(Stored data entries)
====
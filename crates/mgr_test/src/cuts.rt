//! Exchanges that a device cuts off, and received again from the start.
use rga_exchange::{Counted, Fuse, ReceiveFault, receive};
use rga_store::TextStore;
use rga_tree::TreeStore;
use std::alloc::Global;
use std::io::{Read, Result as IoResult};
use test_fixtures::store_shows;

/// An exchange of three insertions: three lines of 50 bytes, and the end line of 23.
const ABC: &str = r#"{"char":"a","id":[1,1],"op":"ins","parent":[0,0]}
{"char":"b","id":[2,1],"op":"ins","parent":[1,1]}
{"char":"c","id":[3,1],"op":"ins","parent":[2,1]}
{"count":3,"op":"end"}
"#;

/// The same behind the head, a line of 26.
const HEAD_ABC: &str = r#"{"op":"head","version":2}
{"char":"a","id":[1,1],"op":"ins","parent":[0,0]}
{"char":"b","id":[2,1],"op":"ins","parent":[1,1]}
{"char":"c","id":[3,1],"op":"ins","parent":[2,1]}
{"count":3,"op":"end"}
"#;

/// A reader of bytes that gives at most 40 in a read.
#[derive(Drop)]
struct Pieces {
    bytes: &'static [u8],
}

impl Read for Pieces {
    fn read(&mut self, buf: &mut [u8]) -> IoResult<usize> {
        let n = buf.len().min(40);
        self.bytes.read(&mut buf[..n])
    }
}

/// An exchange, how many reads there are, and the text that they lead to.
type Row = (&'static str, u64, &'static str);

/// What is answered to the exchange by a reader that fails behind so many reads.
fn answered<S: TextStore>(
    alloc: Global,
    store: &mut S,
    bytes: &'static [u8],
    reads: u64,
) -> Result<u64, ReceiveFault> {
    let mut reader = Counted::new(Fuse::new(Pieces { bytes }, reads));
    receive(alloc, store, &mut reader)
}

/// Whether so many reads lead to this text and, if not all is read, to a fault of the device; and
/// then the same bytes from the start to the whole text.
fn goes_on<S: TextStore>(alloc: Global, row: &Row) -> bool {
    match S::new(alloc, 10) {
        Ok(mut store) => {
            leads_to(alloc, &mut store, row, Err(ReceiveFault::Read))
                && leads_to(alloc, &mut store, &(row.0, 5, "abc"), Ok(3))
        }
        Err(_) => false,
    }
}

/// Whether this is answered behind so many reads, and the text is this then.
fn leads_to<S: TextStore>(
    alloc: Global,
    store: &mut S,
    row: &Row,
    answer: Result<u64, ReceiveFault>,
) -> bool {
    answered(alloc, store, row.0.as_bytes(), row.1) == answer && store_shows(alloc, store, row.2)
}

#[test]
fn what_is_received_again_changes_nothing(rt: HostRuntime) {
    const ROWS: &[Row] = &[
        (ABC, 0, ""),
        (ABC, 1, ""),
        (ABC, 2, "a"),
        (ABC, 3, "ab"),
        (ABC, 4, "abc"),
        (HEAD_ABC, 0, ""),
        (HEAD_ABC, 1, ""),
        (HEAD_ABC, 2, "a"),
        (HEAD_ABC, 3, "a"),
        (HEAD_ABC, 4, "ab"),
    ];
    for row in ROWS {
        assert!(rt; goes_on::<TreeStore>(rt.alloc(), row), "{}", row.1);
    }
}
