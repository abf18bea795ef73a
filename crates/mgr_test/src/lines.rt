//! Lines that are lent, and what no line says.
use rga_lines::{Line, LineFault, MAX_LINE, Splitter, read_any, write_end, write_head, write_line};
use rga_ops::OutOfMemory;
use std::alloc::Global;
use test_fixtures::op_of;

/// Whether the next whole line is this one, also when it is asked for again. Goes on behind it.
fn lends(splitter: &mut Splitter, line: &[u8]) -> bool {
    let first = splitter.find_line();
    let Ok(Some(end)) = splitter.find_line() else {
        return false;
    };
    let is_lent = first == Ok(Some(end)) && splitter.line(end) == line;
    splitter.pass_line(end);
    is_lent
}

/// Whether no whole line is left until this is fed, and then one of so many bytes.
fn waits_for(splitter: &mut Splitter, piece: &[u8], end: usize) -> bool {
    let before = splitter.find_line();
    let fed = splitter.feed(piece).is_ok();
    before == Ok(None) && fed && splitter.find_line() == Ok(Some(end))
}

/// Whether two lines are lent and passed, and then the rest with its newline is left.
fn lends_each(mut splitter: Splitter) -> bool {
    splitter.feed(b"ab\ncde\nf").is_ok()
        && lends(&mut splitter, b"ab")
        && lends(&mut splitter, b"cde")
        && waits_for(&mut splitter, b"\n", 1)
        && splitter.finish().as_slice() == b"f\n".as_slice()
}

#[test]
fn a_line_is_lent_until_it_is_passed(rt: HostRuntime) {
    assert!(rt; lends_each(Splitter::new(rt.alloc())));
}

/// A splitter that was fed a line, and as many blanks as a line may have.
fn almost_too_long(alloc: Global) -> Result<Splitter, LineFault> {
    let blanks = vec![in alloc; b' '; MAX_LINE]?;
    let mut splitter = Splitter::new(alloc);
    splitter.feed(b"a\n")?;
    splitter.feed(&blanks)?;
    Ok(splitter)
}

/// Whether there is a line, and behind it a rest that is not too long.
fn has_one_line(splitter: &mut Splitter) -> bool {
    matches!(splitter.next_line(), Ok(Some(_))) && matches!(splitter.next_line(), Ok(None))
}

/// Whether the next line is too long, once this was fed.
fn is_too_long_with(splitter: &mut Splitter, piece: &[u8]) -> bool {
    splitter.feed(piece).is_ok() && matches!(splitter.next_line(), Err(LineFault::Long))
}

/// Whether one line stands before the one that is too long with one byte more, and none behind it.
fn ends_with_a_long_line(mut splitter: Splitter) -> bool {
    has_one_line(&mut splitter)
        && is_too_long_with(&mut splitter, b"b")
        && is_too_long_with(&mut splitter, b"\nc\n")
        && splitter.finish().is_empty()
}

#[test]
fn a_long_line_ends_the_lines(rt: HostRuntime) {
    let splitter = almost_too_long(rt.alloc()).expect(&rt, "a splitter");
    assert!(rt; ends_with_a_long_line(splitter));
}

/// Whether this line was written.
fn is_line(written: Result<String, OutOfMemory>, line: &str) -> bool {
    match written {
        Ok(written) => written.as_str() == line,
        Err(_) => false,
    }
}

/// Whether this is the line of the operation that the word says.
fn is_line_of(alloc: Global, line: &str, word: &str) -> bool {
    match op_of(word) {
        Ok(op) => is_line(write_line(alloc, &op), line),
        Err(_) => false,
    }
}

#[test]
fn operations_that_no_line_says_are_written(rt: HostRuntime) {
    const ROWS: &[(&str, &str)] = &[
        ("-0.0", r#"{"id":[0,0],"op":"del"}"#),
        (
            "a1.1<1.1",
            r#"{"char":"a","id":[1,1],"op":"ins","parent":[1,1]}"#,
        ),
    ];
    for (word, line) in ROWS {
        assert!(rt; is_line_of(rt.alloc(), line, word), "{line}");
    }
}

#[test]
fn ends_of_more_operations_than_a_note_has_are_written(rt: HostRuntime) {
    const ROWS: &[(u64, &str)] = &[
        (1000000, r#"{"count":1000000,"op":"end"}"#),
        (u64::MAX, r#"{"count":18446744073709551615,"op":"end"}"#),
    ];
    for (count, line) in ROWS {
        assert!(rt; is_line(write_end(rt.alloc(), *count), line), "{line}");
    }
}

/// Whether this is the line that begins an exchange, and is read as that.
fn is_head(alloc: Global, line: &str) -> bool {
    is_line(write_head(alloc), line) && matches!(read_any(alloc, line.as_bytes()), Ok(Line::Head))
}

#[test]
fn the_head_of_an_exchange_is_read_as_it_is_written(rt: HostRuntime) {
    assert!(rt; is_head(rt.alloc(), r#"{"op":"head","version":2}"#));
}
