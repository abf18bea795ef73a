//! What is written of small logs: who wrote their text, and what is counted in them.
use mgr_show::{write_authors, write_numbers};
use rga_exchange::Counted;
use std::alloc::{AllocError, Global};
use test_ports::MemorySources;

/// Replica 1 wrote "ab" and a newline, replica 2 wrote "c" after the "a" and "d" at the end, and
/// replica 3 deleted the "b". An insertion waits, and half a line stands at the end.
const LOG: &str = r#"{"id":[1,1],"op":"run","parent":[0,0],"text":"ab\n"}
{"char":"c","id":[4,2],"op":"ins","parent":[1,1]}
{"char":"d","id":[5,2],"op":"ins","parent":[3,1]}
{"id":[2,1],"op":"del"}
{"char":"w","id":[9,3],"op":"ins","parent":[8,7]}
{"char":"#;

/// A note of that log with this text.
fn note(alloc: Global, text: &str) -> Result<MemorySources, AllocError> {
    let mut sources = MemorySources::new(alloc);
    sources.push(alloc, "n.ops", LOG.as_bytes())?;
    sources.push(alloc, "n", text.as_bytes())?;
    Ok(sources)
}

/// What is written of the authors of the note.
fn authors(alloc: Global, by_lines: bool) -> Result<Vec<u8>, AllocError> {
    let mut sources = note(alloc, "")?;
    let mut writer = Counted::new(Vec::new(alloc));
    let _answer = write_authors(alloc, &mut sources, "n", by_lines, &mut writer);
    Ok(writer.into_inner())
}

/// What is written of the numbers of the note.
fn numbers(alloc: Global, text: &str, json: bool) -> Result<Vec<u8>, AllocError> {
    let mut sources = note(alloc, text)?;
    let mut writer = Counted::new(Vec::new(alloc));
    let _answer = write_numbers(alloc, &mut sources, "n", json, &mut writer);
    Ok(writer.into_inner())
}

/// Whether this text was written.
fn is_written(written: Result<Vec<u8>, AllocError>, text: &str) -> bool {
    match written {
        Ok(written) => written.as_slice() == text.as_bytes(),
        Err(_) => false,
    }
}

#[test]
fn pieces_are_told(rt: HostRuntime) {
    let told = r#"{"replica":1,"text":"a"}
{"replica":2,"text":"c"}
{"replica":1,"text":"\n"}
{"replica":2,"text":"d"}
"#;
    assert!(rt; is_written(authors(rt.alloc(), false), told), "pieces");
}

#[test]
fn lines_are_told(rt: HostRuntime) {
    let told = "1,2\tac\n2\td\n";
    assert!(rt; is_written(authors(rt.alloc(), true), told), "lines");
}

#[test]
fn numbers_are_told(rt: HostRuntime) {
    let told = "n.ops: 7 operations: 6 insertions, 1 deletions
4 visible, 1 waiting, 235 bytes, ends torn
text: same
replica 1: 3 characters, greatest counter 3
replica 2: 2 characters, greatest counter 5
replica 3: 1 characters, greatest counter 9
";
    assert!(rt;
        is_written(numbers(rt.alloc(), "ac\nd", false), told),
        "same text"
    );
    let json = "{\"operations\":7,\"insertions\":6,\"deletions\":1,\"visible\":4,\"waiting\":1,\
        \"bytes\":235,\"end\":\"torn\",\"text\":\"other\",\"replicas\":[\
        {\"replica\":1,\"characters\":3,\"counter\":3},\
        {\"replica\":2,\"characters\":2,\"counter\":5},\
        {\"replica\":3,\"characters\":1,\"counter\":9}]}\n";
    assert!(rt;
        is_written(numbers(rt.alloc(), "ac", true), json),
        "other text"
    );
}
====
PROMPT: Copy the lines above exactly. Start with the line containing "self.bytes.read(&mut buf[..n])", end with the line containing "receive(alloc, store, &mut reader)", and include both.

FINISHED TASK:
        self.bytes.read(&mut buf[..n])
    }
}

/// An exchange, how many reads there are, and the text that they lead to.
type Row = (&'static str, u64, &'static str);

/// What is answered to the exchange by a reader that fails behind so many reads.
fn answered<S: TextStore>(
    alloc: Global,
    store: &mut S,
    bytes: &'static [u8],
    reads: u64,
) -> Result<u64, ReceiveFault> {
    let mut reader = Counted::new(Fuse::new(Pieces { bytes }, reads));
    receive(alloc, store, &mut reader)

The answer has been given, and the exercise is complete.